2. SIMPLIFY further by rearranging terms

• Rewrite right side: \(150\mathrm{x} - 90 = 150\mathrm{x} - 90\)

• Notice: Both sides are now identical!

3. INFER what this identity means

• When both sides of an equation are exactly the same, we have an identity
• An identity is true for ANY value of x you substitute
• This means the original equation has infinitely many solutions

Answer: C. Infinitely many

Why Students Usually Falter on This Problem

Most Common Error Path:

Weak INFER skill: Students correctly simplify to get \(150\mathrm{x} - 90 = 150\mathrm{x} - 90\), but then think "the x's cancel out, so there's no solution."

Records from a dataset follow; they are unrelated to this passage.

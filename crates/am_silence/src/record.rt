//! Versions of silences as records.

use crate::mesh::MeshSilence;
use am_wire::Record;

impl Record for MeshSilence {
    ghost use Rattle.std.specs.Prelude.{refl};

    ghost written = { λ _ value. (value, refl) };
}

They mistakenly reason that since the variable "disappears," there must be no value of x that works. However, the opposite is true - when both sides become identical, EVERY value of x works. This confusion about what an identity means may lead them to select Choice D (Zero solutions).

Second Most Common Error:

Inadequate SIMPLIFY execution: Students make sign errors when distributing, particularly with \(-15(6 - 10\mathrm{x})\), forgetting that \(-15 \times (-10\mathrm{x}) = +150\mathrm{x}\).

This leads to incorrect expressions like \(150\mathrm{x} - 90 = -90 - 150\mathrm{x}\), which would actually have exactly one solution. This may lead them to select Choice A (Exactly one).

The Bottom Line:

This problem tests whether students understand the difference between "no solution" (contradiction) and "infinitely many solutions" (identity). The key insight is recognizing that when algebraic manipulation makes both sides identical, every possible x-value satisfies the original equation.